§ Try it:
Where the records below show a line containing "result ≡ lead_byte", start copying; end with the line containing "byte is that of", and copy it too.

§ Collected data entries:
========
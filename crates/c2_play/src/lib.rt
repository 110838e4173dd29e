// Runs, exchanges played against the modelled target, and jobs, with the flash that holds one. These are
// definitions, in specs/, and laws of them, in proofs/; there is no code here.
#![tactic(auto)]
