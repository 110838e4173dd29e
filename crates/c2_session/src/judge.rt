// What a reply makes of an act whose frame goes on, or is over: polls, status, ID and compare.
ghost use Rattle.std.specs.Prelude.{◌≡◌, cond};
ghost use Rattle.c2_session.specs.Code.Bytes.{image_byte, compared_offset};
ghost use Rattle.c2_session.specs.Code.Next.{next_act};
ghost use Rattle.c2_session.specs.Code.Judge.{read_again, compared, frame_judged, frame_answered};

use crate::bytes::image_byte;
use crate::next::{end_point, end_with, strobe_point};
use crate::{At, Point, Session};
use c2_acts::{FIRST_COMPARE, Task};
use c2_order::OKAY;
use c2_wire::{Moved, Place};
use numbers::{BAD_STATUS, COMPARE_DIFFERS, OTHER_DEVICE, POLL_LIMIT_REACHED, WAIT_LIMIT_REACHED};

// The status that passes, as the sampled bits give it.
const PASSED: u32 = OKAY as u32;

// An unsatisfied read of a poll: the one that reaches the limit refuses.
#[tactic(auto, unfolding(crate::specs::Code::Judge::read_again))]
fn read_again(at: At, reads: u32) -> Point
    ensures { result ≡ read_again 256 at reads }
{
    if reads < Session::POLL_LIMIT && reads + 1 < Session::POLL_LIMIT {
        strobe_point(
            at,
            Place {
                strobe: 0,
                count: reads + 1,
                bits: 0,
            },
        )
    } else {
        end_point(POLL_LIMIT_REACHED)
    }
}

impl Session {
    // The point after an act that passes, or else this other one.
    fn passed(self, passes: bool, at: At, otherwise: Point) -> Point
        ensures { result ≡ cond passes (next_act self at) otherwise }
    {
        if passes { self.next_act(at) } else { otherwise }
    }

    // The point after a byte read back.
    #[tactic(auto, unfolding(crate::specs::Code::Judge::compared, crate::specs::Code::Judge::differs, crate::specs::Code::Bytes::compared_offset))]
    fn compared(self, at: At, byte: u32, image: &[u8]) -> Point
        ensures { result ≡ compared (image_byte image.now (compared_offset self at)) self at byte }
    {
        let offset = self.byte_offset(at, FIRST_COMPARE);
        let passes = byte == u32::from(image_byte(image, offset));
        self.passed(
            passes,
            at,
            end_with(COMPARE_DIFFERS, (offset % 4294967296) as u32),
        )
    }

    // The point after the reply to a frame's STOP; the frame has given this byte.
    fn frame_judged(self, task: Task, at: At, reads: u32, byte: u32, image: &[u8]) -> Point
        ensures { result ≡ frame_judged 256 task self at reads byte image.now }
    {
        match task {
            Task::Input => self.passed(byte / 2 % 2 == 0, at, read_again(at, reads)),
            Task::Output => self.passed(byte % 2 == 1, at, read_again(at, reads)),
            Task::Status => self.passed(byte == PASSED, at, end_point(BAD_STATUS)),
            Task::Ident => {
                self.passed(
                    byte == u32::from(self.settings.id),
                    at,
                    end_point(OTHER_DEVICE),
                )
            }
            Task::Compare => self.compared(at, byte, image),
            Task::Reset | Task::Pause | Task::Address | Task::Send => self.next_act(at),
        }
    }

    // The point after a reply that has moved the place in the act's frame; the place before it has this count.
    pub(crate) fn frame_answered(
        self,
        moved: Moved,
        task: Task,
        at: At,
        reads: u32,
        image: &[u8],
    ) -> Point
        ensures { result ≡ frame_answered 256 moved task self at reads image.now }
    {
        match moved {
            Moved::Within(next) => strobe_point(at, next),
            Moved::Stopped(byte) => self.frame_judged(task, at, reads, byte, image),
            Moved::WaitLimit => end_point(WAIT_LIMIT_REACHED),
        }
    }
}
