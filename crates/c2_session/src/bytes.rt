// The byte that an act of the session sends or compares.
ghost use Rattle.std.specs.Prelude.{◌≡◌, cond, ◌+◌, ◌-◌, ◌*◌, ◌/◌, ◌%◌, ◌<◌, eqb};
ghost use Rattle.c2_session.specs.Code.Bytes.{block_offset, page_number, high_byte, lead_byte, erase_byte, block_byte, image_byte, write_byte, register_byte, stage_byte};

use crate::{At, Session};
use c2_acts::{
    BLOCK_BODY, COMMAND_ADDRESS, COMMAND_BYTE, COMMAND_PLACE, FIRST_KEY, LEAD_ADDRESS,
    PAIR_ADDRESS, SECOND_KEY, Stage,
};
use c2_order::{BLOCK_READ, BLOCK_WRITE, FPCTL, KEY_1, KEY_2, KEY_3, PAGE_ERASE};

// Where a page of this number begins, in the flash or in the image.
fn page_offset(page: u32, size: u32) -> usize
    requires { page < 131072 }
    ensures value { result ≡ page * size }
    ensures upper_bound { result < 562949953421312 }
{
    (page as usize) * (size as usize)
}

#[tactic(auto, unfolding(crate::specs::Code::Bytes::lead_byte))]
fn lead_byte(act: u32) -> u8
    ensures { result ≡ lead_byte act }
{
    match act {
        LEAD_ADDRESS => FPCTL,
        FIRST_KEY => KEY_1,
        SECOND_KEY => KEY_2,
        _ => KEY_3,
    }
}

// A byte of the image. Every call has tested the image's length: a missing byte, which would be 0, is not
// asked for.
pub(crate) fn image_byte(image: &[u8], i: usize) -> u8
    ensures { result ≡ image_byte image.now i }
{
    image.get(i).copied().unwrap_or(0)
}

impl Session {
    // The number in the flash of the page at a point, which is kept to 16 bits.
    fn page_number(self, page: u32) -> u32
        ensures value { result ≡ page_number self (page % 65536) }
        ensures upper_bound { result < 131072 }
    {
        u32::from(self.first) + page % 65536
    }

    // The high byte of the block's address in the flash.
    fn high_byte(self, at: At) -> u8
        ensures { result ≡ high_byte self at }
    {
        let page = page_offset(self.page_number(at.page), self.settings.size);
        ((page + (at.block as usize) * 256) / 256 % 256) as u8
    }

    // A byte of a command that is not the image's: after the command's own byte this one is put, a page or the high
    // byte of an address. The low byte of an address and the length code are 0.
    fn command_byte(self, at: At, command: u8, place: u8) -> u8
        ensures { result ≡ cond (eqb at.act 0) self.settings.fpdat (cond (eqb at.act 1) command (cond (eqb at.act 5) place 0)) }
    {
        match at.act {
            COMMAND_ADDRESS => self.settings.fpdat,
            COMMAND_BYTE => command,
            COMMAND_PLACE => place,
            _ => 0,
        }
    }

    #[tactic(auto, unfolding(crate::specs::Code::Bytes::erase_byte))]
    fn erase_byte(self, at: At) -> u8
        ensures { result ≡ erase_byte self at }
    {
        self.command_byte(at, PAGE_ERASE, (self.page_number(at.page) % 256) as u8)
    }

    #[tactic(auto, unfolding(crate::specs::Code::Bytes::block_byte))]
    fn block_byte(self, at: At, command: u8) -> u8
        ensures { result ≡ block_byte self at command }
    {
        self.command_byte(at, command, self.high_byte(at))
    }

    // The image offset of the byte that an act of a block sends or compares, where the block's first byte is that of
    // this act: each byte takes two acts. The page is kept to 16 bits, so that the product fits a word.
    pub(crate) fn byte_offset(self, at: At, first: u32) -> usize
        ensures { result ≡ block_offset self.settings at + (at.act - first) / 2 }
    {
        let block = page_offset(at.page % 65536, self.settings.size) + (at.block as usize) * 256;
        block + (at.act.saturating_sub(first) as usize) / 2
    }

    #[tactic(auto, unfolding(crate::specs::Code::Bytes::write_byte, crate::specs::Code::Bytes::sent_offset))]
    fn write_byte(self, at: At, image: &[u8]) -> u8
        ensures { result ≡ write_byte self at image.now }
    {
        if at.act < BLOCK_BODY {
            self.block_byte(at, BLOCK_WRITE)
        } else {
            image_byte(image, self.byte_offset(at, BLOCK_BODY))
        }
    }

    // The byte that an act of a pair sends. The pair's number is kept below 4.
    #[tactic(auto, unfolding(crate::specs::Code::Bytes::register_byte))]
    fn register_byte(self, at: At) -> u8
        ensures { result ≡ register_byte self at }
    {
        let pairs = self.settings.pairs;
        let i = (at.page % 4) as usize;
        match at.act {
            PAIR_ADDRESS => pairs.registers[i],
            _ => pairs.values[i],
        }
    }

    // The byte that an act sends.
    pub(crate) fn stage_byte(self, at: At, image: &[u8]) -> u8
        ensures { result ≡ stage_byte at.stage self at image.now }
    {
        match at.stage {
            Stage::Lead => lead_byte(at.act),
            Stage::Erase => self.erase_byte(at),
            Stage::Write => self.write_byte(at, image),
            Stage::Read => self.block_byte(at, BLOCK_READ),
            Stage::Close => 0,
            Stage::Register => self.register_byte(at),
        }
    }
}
========
§ Output of the exercise:
    ensures { result ≡ lead_byte act }
{
    match act {
        LEAD_ADDRESS => FPCTL,
        FIRST_KEY => KEY_1,
        SECOND_KEY => KEY_2,
        _ => KEY_3,
    }
}

// A byte of the image. Every call has tested the image's length: a missing byte, which would be 0, is not
// asked for.
pub(crate) fn image_byte(image: &[u8], i: usize) -> u8
    ensures { result ≡ image_byte image.now i }
{
    image.get(i).copied().unwrap_or(0)
}

impl Session {
    // The number in the flash of the page at a point, which is kept to 16 bits.
    fn page_number(self, page: u32) -> u32
        ensures value { result ≡ page_number self (page % 65536) }
        ensures upper_bound { result < 131072 }
    {
        u32::from(self.first) + page % 65536
    }

    // The high byte of the block's address in the flash.
    fn high_byte(self, at: At) -> u8
        ensures { result ≡ high_byte self at }
    {
        let page = page_offset(self.page_number(at.page), self.settings.size);
        ((page + (at.block as usize) * 256) / 256 % 256) as u8
    }

    // A byte of a command that is not the image's: after the command's own byte this one is put, a page or the high
    // byte of an address. The low byte of an address and the length code are 0.
    fn command_byte(self, at: At, command: u8, place: u8) -> u8
        ensures { result ≡ cond (eqb at.act 0) self.settings.fpdat (cond (eqb at.act 1) command (cond (eqb at.act 5) place 0)) }
    {
        match at.act {
            COMMAND_ADDRESS => self.settings.fpdat,
            COMMAND_BYTE => command,
            COMMAND_PLACE => place,
            _ => 0,
        }
    }

    #[tactic(auto, unfolding(crate::specs::Code::Bytes::erase_byte))]
    fn erase_byte(self, at: At) -> u8
        ensures { result ≡ erase_byte self at }
    {
        self.command_byte(at, PAGE_ERASE, (self.page_number(at.page) % 256) as u8)
    }

    #[tactic(auto, unfolding(crate::specs::Code::Bytes::block_byte))]
    fn block_byte(self, at: At, command: u8) -> u8
        ensures { result ≡ block_byte self at command }
    {
        self.command_byte(at, command, self.high_byte(at))
    }

    // The image offset of the byte that an act of a block sends or compares, where the block's first byte is that of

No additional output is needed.